RS:まずはみなさん、BBOYとして世界を経験したのち、ダンスとは全く別の分野で起業されている方々ですので、その辺りのお話からお伺い出来ればと思っております。
CHAO(C):ちょっと関係ないかもだけど、スケート(スケボー)の世界でいえばやっぱりロドニー・ミューレンとかすごいよね。あ、そういやみんな、ちゃんとロドニー・ミューレンの本※、読んだ?(笑)
※『ザ・マット(THE MUTT)』:スケートボード史に偉大な足跡を残したロドニー・ミューレンの半生を描いた自伝。
RS:すいません、まだ読んでいません(笑)。…ええと、早速なんですが(笑)、今みなさんがやられていることに、ダンスの経験はどのように影響していますか?例えば、NON-MANさんだったら、弁護士の勉強においてのお話、聞かせて頂けますか。
C:お!なんかとてもいい質問きたね!
NON-MAN(N):勉強はダンスより辛かったですね。僕、記憶力が全然ないんです。けれど、ダンスでは、それこそフランスのJuniorなんかが両脚なくてダンスしていたりするわけですね。そういう、制限のある中でのクリエイティビティとか工夫というところの意識はダンスを通じて学んでいたので、なんとかしようと。
それで、暗記ではなくて、法律が何故そうなっているのか、っていう「仕組み」を考えるように意識をおきました。例えば、フットワークで何故ベタ手が駄目なのか。僕は結構そんなところを考えていたんです。その経験を勉強でも応用しようと。これはダンスで学んだ発想がとても役に立ちましたね。
PRINCE(P):僕の場合(CG制作)は、最初は、映像って音楽に合わせて構成を考えたりダンスとすごく似ているところも多くあって、「あ、これなら歳取ってもずっと踊れるぞ」って思ったのがきっかけでした。
で、プロになった今、いわゆるCMとかPVとかっていうもの、つまり広告の仕事をしているんですが、広告って、まさに「広く告げる」ことじゃないですか。実はこれは僕のダンス感とは真逆で、例えばダンスなら、僕は自分のエゴ丸出しで100人中1人に理解してもらったらそれでいいんですけど、広告の世界では、それとは全く逆の方向でチャレンジしている。
結局僕の感覚は、ダンスと仕事の世界が、意外と間逆だったりします。
RS:すごく興味深いですね。ついダンスとつなげてしまいそうなところを、クリアに整理がついているところがすごくユニークだなと思います。

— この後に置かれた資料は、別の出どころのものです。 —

//! Labels that are looked up: flags and enums.

ghost use Rattle.std.specs.Prelude.{◌≡◌};
ghost use Rattle.std.specs.Str.{bytes_eq};
ghost use Rattle.value_reader.specs.Reads.{Reads, MayRead};
ghost use Rattle.value_reader.specs.Values as values;

use crate::fault::NoText;
use crate::text::Text;
use faults::MemoryOr;
use std::alloc::Global;
use syntax_trees::{Name, Seq};

/// Whether two labels are the same.
pub fn is_label(name: &Name, label: &[u8]) -> bool
    ensures { result ≡ bytes_eq name.now label.now }
{
    name.as_str().as_bytes() == label
}

/// The number of the first of these labels that is this one.
pub fn place_of(label: &[u8], labels: &[Name]) -> Option<usize>
    ensures { result ≡ values.place_of label.now labels.now }
{
    labels.iter().position(|name| is_label(name, label))
}

/// Reads what stands behind a flag, and answers whether another one follows.
fn is_open_behind(text: &mut Text<'_>) -> Result<bool, NoText>
    ensures { Reads (values.behind_flag text.old) text.new result }
{
    if text.has_mark(b'}') {
        return Ok(false);
    }
    text.mark(b',')?;
    Ok(true)
}

/// Reads flags: whether each of these labels is set.
pub fn flags_at(
    alloc: Global,
    labels: &[Name],
    text: &mut Text<'_>,
) -> Result<Seq<bool>, MemoryOr<NoText>>
    ensures { MayRead (values.flags_in labels.now text.old) text.new result }
{
    text.word(b"{")?;
    let mut is_open = !text.has_mark(b'}');
    let mut flags = Seq::new(alloc);
    for label in labels {
        let is_set = is_open && text.has_label(label.as_str().as_bytes());
        flags.push(is_set)?;
        if is_set {
            is_open = is_open_behind(text)?;
        }
    }
    if is_open {
        return Err(MemoryOr::Fault(NoText));
    }
    Ok(flags)
}
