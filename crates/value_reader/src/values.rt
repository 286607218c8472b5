//! Values by their types.

ghost use Rattle.std.specs.Prelude.{◌≡◌, map, IfOk, None, Some, MatchOption};
ghost use Rattle.std.specs.List.{slice_get, position};
ghost use Rattle.std.specs.Str.{bytes_eq};
ghost use Rattle.value_reader.specs.Reads.{Reads, MayRead, Follows};
ghost use Rattle.value_reader.specs.Values as values;

use crate::fault::NoText;
use crate::labels::{flags_at, is_label, place_of};
use crate::numbers::{s8_at, s16_at, s32_at, s64_at, u8_at, u16_at, u32_at, u64_at};
use crate::quoted::{char_at, string_at};
use crate::text::Text;
use faults::{Memory, MemoryOr};
use std::alloc::Global;
use syntax_trees::{Boxed, Case, Field, Name, Seq, Shared, ValType, Value, Values};

/// Reads a truth value.
fn bool_at(text: &mut Text<'_>) -> Result<Value, NoText>
    ensures { Reads (values.bool_at text.old) text.new result }
{
    if text.has_word(b"true") {
        return Ok(Value::Bool(true));
    }
    text.word(b"false")?;
    Ok(Value::Bool(false))
}

/// Reads one of these labels.
fn enum_at(labels: &[Name], text: &mut Text<'_>) -> Result<Value, MemoryOr<NoText>>
    ensures { MayRead (values.enum_at labels.now text.old) text.new result }
{
    let place = place_of(text.label(), labels).ok_or(NoText)?;
    let case = case_number(place)?;
    Ok(Value::Variant(case, None))
}

/// Goes on to where a value of a list may stand: behind a comma, where values stand before.
pub fn skip_separator(before: &Values, text: &mut Text<'_>) -> Result<(), NoText>
    ensures { Follows (values.separated before.now text.old) text.new result }
{
    if before.is_empty() {
        Ok(())
    } else {
        text.mark(b',')
    }
}

/// The number of a case. A list of 2^32 cases and more counts as want of memory.
fn case_number(place: usize) -> Result<u32, Memory>
    ensures { IfOk result (λ n. n ≡ place) }
{
    u32::try_from(place).map_err(|_| Memory)
}

/// The number of the first of these cases that has this label.
fn first_labelled(label: &[u8], cases: &[Case]) -> Option<usize>
    ensures { result ≡ position (λ c. bytes_eq c.label label.now) cases.now }
{
    cases.iter().position(|case| is_label(&case.label, label))
}

/// The place of a label among those of these cases.
fn place_of_case(label: &[u8], cases: &[Case]) -> Option<usize>
    ensures { result ≡ values.place_of label.now (map (λ c. c.label) cases.now) }
{
    first_labelled(label, cases)
}

/// The case with this number, counted from 0.
#[tactic(auto, using(std::proofs::lemmas::Option::slice_get_past, std::proofs::lemmas::Option::slice_get_read))]
fn case_of(cases: &[Case], place: usize) -> Option<&Case>
    ensures { MatchOption result (slice_get cases.now place ≡ None) (λ c. slice_get cases.now place ≡ Some c.now) }
{
    cases.get(place)
}

/// Reads a value of a type without parts. Of any other type it reads nothing.
fn plain_at(
    alloc: Global,
    val_type: &ValType,
    text: &mut Text<'_>,
) -> Result<Value, MemoryOr<NoText>>
    ensures { MayRead (values.plain_at val_type.now text.old) text.new result }
{
    match val_type {
        ValType::Bool => Ok(bool_at(text)?),
        ValType::S8 => Ok(s8_at(text)?),
        ValType::U8 => Ok(u8_at(text)?),
        ValType::S16 => Ok(s16_at(text)?),
        ValType::U16 => Ok(u16_at(text)?),
        ValType::S32 => Ok(s32_at(text)?),
        ValType::U32 => Ok(u32_at(text)?),
        ValType::S64 => Ok(s64_at(text)?),
        ValType::U64 => Ok(u64_at(text)?),
        ValType::Char => Ok(Value::Char(char_at(alloc, text)?)),
        ValType::String => Ok(Value::String(string_at(alloc, text)?)),
        ValType::Flags(labels) => Ok(Value::Flags(flags_at(alloc, labels.as_slice(), text)?)),
        ValType::Enum(labels) => enum_at(labels.as_slice(), text),
        _ => Err(MemoryOr::Fault(NoText)),
    }
}

/// Reads a field: its label, a colon, and its value.
#[cycle(value_at)]
fn field_at(alloc: Global, field: &Field, text: &mut Text<'_>) -> Result<Value, MemoryOr<NoText>>
    ensures { MayRead (values.field_reader field.now text.old) text.new result }
{
    let label = text.label();
    if !is_label(&field.label, label) {
        return Err(MemoryOr::Fault(NoText));
    }
    text.mark(b':')?;
    text.skip_blanks();
    value_at(alloc, field.val_type.get(), text)
}

/// Reads the values of fields, in order, and the brace that closes them.
#[cycle(value_at)]
fn fields_at(
    alloc: Global,
    fields: &[Field],
    text: &mut Text<'_>,
) -> Result<Values, MemoryOr<NoText>>
    ensures { MayRead (values.values_at 125 (map values.field_reader fields.now) text.old) text.new result }
{
    let mut values = Seq::new(alloc);
    for field in fields {
        skip_separator(&values, text)?;
        text.skip_blanks();
        let value = field_at(alloc, field, text)?;
        values.push(value)?;
    }
    text.mark(b'}')?;
    Ok(values)
}

/// Reads the values of the places of a tuple, and the parenthesis that closes them.
#[cycle(value_at)]
fn parts_at(
    alloc: Global,
    parts: &[Shared<ValType>],
    text: &mut Text<'_>,
) -> Result<Values, MemoryOr<NoText>>
    ensures { MayRead (values.values_at 41 (map values.reader parts.now) text.old) text.new result }
{
    let mut values = Seq::new(alloc);
    for part in parts {
        skip_separator(&values, text)?;
        text.skip_blanks();
        let value = value_at(alloc, part.get(), text)?;
        values.push(value)?;
    }
    text.mark(b')')?;
    Ok(values)
}

/// Reads the elements of a list, and the bracket that closes them.
#[cycle(value_at)]
#[tactic(auto, using(crate::proofs::Elements::elements_over, crate::proofs::Elements::elements_no_value, crate::proofs::Elements::elements_close, crate::proofs::Elements::elements_go, crate::proofs::Elements::elements_end))]
fn elements_at(
    alloc: Global,
    element: &ValType,
    text: &mut Text<'_>,
) -> Result<Values, MemoryOr<NoText>>
    ensures { MayRead (values.elements_at (values.reader element.now) text.old) text.new result }
{
    let mut values = Seq::new(alloc);
    if text.has_mark(b']') {
        return Ok(values);
    }
    let count = text.len();
    for _place in 0..count {
        text.skip_blanks();
        let value = value_at(alloc, element, text)?;
        values.push(value)?;
        if text.has_mark(b']') {
            return Ok(values);
        }
        text.mark(b',')?;
    }
    Err(MemoryOr::Fault(NoText))
}

/// Reads a payload in parentheses.
#[cycle(value_at)]
fn payload_at(
    alloc: Global,
    part: &ValType,
    text: &mut Text<'_>,
) -> Result<Boxed<Value>, MemoryOr<NoText>>
    ensures { MayRead (values.payload_at (values.reader part.now) text.old) text.new result }
{
    text.mark(b'(')?;
    text.skip_blanks();
    let value = value_at(alloc, part, text)?;
    text.mark(b')')?;
    Ok(Boxed::new(alloc, value)?)
}

/// Reads what stands behind the label of a case.
#[cycle(value_at)]
fn case_at(
    alloc: Global,
    case: u32,
    part: &Option<Shared<ValType>>,
    text: &mut Text<'_>,
) -> Result<Value, MemoryOr<NoText>>
    ensures { MayRead (values.case_at case (values.payload_reader part.now) text.old) text.new result }
{
    match part {
        Some(part) => {
            let payload = payload_at(alloc, part.get(), text)?;
            Ok(Value::Variant(case, Some(payload)))
        }
        None => Ok(Value::Variant(case, None)),
    }
}

/// Reads a case of a variant.
#[cycle(value_at)]
#[tactic(auto, using(crate::proofs::ReaderEquations::labels_of_cases, crate::proofs::Chosen::reads_case, crate::proofs::Chosen::reads_no_case, crate::proofs::Chosen::reads_lost_case))]
fn variant_at(alloc: Global, cases: &[Case], text: &mut Text<'_>) -> Result<Value, MemoryOr<NoText>>
    ensures { MayRead (values.variant_at (map values.case_reader cases.now) text.old) text.new result }
{
    let place = place_of_case(text.label(), cases).ok_or(NoText)?;
    let case = case_of(cases, place).ok_or(NoText)?;
    let number = case_number(place)?;
    case_at(alloc, number, &case.payload, text)
}

/// Reads an option.
#[cycle(value_at)]
fn option_at(alloc: Global, part: &ValType, text: &mut Text<'_>) -> Result<Value, MemoryOr<NoText>>
    ensures { MayRead (values.option_at (values.reader part.now) text.old) text.new result }
{
    if text.has_word(b"none") {
        return Ok(Value::Variant(0, None));
    }
    text.word(b"some")?;
    let payload = payload_at(alloc, part, text)?;
    Ok(Value::Variant(1, Some(payload)))
}

/// Reads a value of a type.
#[cycle(value_at)]
#[tactic(auto, using(crate::proofs::ReaderEquations::reader_of_tuple, crate::proofs::ReaderEquations::reader_of_record, crate::proofs::ReaderEquations::reader_of_variant, crate::proofs::ReaderEquations::reader_of_list, crate::proofs::ReaderEquations::reader_of_option, crate::proofs::ReaderEquations::reader_of_result))]
pub fn value_at(
    alloc: Global,
    val_type: &ValType,
    text: &mut Text<'_>,
) -> Result<Value, MemoryOr<NoText>>
    ensures { MayRead (values.reader val_type.now text.old) text.new result }
{
    match val_type {
        ValType::Record(fields) => {
            text.word(b"{")?;
            Ok(Value::Record(fields_at(alloc, fields.as_slice(), text)?))
        }
        ValType::Variant(cases) => variant_at(alloc, cases.as_slice(), text),
        ValType::List(element) => {
            text.word(b"[")?;
            Ok(Value::List(elements_at(alloc, element.get(), text)?))
        }
        ValType::Tuple(parts) => {
            text.word(b"(")?;
            Ok(Value::Record(parts_at(alloc, parts.as_slice(), text)?))
        }
        ValType::Option(part) => option_at(alloc, part.get(), text),
        ValType::Result { ok, err } => {
            if text.has_word(b"ok") {
                return case_at(alloc, 0, ok, text);
            }
            text.word(b"err")?;
            case_at(alloc, 1, err, text)
        }
        _ => plain_at(alloc, val_type, text),
    }
}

P:それで、ダンサーからの次のステージってことなんですが、仕事でちょっとずつ経済的にも余裕が出てきて、今度はまたダンス界にフィードバック・・・ってほど偉そうなものでもないんですけど、近所の子供たち集めてダンス教えたり、そいつらがいつ来ても練習できるような施設作って開放したり・・・って事もしています。
そんな中でダブルダッチの子達と絡む事が出てきたんですけど、ダブルダッチの世界はダンスよりも更に経済的には発展途上で、みんな食えない。
でも、学校とか施設を回って、無償で子どもたちのために活動しているんですね。つながりを大切に、何が出来るかを考えて活動している。自分は、経済的にちょっと余裕が出るまでは、若い子達の為に・・・なんて考えもしなかったです。そういうことを初めからやっていることに、本当に感心しています。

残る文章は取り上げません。